- Material shown -
━━━━━━━━━━━━━━━━

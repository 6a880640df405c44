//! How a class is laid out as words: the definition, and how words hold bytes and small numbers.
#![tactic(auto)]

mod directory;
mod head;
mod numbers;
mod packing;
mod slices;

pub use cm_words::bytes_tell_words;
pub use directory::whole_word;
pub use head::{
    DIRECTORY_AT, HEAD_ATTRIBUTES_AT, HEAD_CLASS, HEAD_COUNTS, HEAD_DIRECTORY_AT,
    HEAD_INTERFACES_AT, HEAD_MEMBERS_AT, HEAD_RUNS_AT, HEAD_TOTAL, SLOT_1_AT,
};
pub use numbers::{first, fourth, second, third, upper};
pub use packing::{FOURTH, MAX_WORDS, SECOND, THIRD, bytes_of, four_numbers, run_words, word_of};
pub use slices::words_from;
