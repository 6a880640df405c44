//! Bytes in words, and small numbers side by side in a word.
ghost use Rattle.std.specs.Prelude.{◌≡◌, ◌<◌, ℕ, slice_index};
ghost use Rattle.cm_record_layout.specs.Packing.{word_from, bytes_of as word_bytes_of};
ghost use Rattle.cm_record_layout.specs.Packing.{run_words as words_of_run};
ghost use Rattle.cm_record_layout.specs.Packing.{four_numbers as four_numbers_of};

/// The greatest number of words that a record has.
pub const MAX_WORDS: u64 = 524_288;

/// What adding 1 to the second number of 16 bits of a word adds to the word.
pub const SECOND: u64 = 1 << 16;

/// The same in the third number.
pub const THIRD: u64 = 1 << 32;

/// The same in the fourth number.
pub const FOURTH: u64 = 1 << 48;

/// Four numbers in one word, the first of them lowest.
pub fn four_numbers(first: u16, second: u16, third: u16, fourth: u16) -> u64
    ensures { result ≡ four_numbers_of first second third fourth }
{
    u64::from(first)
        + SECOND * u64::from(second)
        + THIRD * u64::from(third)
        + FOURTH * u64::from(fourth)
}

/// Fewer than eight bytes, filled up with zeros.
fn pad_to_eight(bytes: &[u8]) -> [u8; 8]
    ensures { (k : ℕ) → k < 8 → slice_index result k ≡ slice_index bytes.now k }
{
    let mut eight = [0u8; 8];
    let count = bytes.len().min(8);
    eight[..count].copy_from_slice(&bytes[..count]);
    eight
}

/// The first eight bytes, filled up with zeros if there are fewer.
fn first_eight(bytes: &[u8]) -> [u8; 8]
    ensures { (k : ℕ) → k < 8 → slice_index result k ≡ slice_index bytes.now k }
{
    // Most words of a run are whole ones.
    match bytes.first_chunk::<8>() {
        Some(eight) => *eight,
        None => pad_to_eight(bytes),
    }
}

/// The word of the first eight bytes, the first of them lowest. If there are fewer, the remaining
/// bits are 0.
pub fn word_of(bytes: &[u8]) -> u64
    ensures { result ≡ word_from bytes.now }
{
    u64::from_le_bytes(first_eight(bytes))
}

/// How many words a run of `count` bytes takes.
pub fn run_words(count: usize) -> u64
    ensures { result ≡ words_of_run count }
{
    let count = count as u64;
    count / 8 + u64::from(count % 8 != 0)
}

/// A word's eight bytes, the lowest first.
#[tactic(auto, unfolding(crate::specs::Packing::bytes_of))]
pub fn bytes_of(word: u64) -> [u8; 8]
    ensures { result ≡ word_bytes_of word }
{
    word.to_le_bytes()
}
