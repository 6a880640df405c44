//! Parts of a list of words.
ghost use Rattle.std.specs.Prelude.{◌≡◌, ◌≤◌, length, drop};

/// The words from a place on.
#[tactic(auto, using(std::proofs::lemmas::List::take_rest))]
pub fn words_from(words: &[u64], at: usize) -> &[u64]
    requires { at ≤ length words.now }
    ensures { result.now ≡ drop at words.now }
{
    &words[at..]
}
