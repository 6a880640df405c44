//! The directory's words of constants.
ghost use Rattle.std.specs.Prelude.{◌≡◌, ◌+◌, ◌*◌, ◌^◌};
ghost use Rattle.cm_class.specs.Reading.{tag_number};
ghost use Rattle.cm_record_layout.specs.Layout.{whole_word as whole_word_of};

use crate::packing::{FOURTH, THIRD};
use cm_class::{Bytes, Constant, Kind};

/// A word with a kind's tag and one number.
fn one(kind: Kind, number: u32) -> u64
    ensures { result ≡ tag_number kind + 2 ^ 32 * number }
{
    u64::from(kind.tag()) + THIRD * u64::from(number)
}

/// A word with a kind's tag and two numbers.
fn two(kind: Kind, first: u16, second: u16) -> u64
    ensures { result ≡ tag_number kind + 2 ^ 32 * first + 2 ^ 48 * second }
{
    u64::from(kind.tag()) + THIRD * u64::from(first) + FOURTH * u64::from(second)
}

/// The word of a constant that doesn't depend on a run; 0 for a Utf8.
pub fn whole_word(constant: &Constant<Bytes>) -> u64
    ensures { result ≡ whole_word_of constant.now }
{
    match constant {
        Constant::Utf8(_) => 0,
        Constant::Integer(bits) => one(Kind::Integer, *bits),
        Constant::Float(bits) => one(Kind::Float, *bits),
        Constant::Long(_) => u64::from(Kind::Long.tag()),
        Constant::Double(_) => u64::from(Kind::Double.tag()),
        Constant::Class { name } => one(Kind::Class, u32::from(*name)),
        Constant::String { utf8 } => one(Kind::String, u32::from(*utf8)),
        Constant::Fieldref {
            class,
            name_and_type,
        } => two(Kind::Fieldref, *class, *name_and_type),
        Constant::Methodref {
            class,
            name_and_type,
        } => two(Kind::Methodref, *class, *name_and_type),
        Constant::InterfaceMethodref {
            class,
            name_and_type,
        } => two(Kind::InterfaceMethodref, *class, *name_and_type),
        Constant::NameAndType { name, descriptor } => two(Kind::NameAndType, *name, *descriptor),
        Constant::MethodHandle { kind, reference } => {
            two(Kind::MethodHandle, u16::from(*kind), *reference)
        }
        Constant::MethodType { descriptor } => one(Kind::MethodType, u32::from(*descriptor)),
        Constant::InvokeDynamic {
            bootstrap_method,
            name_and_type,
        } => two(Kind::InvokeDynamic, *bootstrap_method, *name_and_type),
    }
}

━━━━━━━━━━━━━━━━

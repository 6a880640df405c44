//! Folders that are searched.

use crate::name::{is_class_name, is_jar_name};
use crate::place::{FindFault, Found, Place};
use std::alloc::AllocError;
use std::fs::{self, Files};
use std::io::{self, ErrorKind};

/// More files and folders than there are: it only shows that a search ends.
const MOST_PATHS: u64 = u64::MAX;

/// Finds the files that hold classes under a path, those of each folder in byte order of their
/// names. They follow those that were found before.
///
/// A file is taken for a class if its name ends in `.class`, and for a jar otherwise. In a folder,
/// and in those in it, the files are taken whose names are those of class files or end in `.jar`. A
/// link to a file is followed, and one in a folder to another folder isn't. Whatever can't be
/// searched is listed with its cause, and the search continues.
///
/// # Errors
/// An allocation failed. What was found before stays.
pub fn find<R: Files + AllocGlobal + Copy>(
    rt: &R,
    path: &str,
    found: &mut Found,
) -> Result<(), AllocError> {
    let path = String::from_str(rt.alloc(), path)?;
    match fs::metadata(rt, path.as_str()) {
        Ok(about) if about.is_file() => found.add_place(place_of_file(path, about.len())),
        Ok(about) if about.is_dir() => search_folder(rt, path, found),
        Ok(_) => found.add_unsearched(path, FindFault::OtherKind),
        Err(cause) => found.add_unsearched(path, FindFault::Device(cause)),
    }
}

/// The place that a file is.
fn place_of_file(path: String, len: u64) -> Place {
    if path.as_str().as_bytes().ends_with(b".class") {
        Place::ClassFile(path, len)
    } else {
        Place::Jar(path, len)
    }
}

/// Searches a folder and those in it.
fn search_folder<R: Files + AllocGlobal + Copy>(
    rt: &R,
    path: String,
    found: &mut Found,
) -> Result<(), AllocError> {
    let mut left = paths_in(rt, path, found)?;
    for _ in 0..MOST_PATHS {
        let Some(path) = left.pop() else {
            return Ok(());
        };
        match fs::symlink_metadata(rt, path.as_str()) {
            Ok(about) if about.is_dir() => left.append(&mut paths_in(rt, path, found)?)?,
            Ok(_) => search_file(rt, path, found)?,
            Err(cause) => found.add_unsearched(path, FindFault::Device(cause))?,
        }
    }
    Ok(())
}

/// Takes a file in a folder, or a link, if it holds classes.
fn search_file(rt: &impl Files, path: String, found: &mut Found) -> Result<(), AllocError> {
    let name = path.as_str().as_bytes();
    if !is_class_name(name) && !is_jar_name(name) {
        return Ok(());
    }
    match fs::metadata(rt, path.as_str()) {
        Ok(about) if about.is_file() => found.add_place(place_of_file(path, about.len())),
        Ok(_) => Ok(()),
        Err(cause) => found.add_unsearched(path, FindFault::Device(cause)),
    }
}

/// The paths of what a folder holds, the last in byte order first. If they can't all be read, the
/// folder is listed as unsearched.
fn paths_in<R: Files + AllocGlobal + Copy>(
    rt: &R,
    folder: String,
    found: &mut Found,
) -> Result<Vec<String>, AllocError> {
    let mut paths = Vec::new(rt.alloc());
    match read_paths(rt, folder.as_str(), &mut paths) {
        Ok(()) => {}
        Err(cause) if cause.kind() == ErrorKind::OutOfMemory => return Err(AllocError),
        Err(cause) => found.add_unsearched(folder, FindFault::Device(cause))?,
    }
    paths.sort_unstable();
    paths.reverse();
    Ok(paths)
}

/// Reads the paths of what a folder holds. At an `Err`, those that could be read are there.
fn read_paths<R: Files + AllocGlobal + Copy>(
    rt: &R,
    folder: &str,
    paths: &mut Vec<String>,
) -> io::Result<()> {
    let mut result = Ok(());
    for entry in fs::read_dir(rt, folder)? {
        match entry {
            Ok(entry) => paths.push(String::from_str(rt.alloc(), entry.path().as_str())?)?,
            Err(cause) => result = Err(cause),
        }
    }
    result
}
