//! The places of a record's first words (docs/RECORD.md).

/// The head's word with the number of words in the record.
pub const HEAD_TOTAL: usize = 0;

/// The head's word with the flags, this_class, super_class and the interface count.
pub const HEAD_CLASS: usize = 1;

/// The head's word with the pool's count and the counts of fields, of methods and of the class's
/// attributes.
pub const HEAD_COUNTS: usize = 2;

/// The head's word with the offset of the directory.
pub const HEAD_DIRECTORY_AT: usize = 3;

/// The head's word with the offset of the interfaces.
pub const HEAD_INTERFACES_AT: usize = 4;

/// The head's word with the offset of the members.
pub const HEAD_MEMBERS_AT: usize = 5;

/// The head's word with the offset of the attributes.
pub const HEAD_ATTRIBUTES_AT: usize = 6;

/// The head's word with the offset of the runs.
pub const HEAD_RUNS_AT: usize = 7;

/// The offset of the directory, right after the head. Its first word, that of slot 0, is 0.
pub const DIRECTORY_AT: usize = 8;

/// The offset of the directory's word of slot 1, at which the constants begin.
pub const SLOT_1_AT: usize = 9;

━━━━━━━━━━━━━━━━

- Problem requirements -
Could you set down, word for word, only the lines above from the line with "pub const HEAD_TOTAL: usize = 0;" to the line with "pub const HEAD_COUNTS: usize = 2;", including both?

- Result of this exercise -
pub const HEAD_TOTAL: usize = 0;

/// The head's word with the flags, this_class, super_class and the interface count.
pub const HEAD_CLASS: usize = 1;

/// The head's word with the pool's count and the counts of fields, of methods and of the class's
/// attributes.
pub const HEAD_COUNTS: usize = 2;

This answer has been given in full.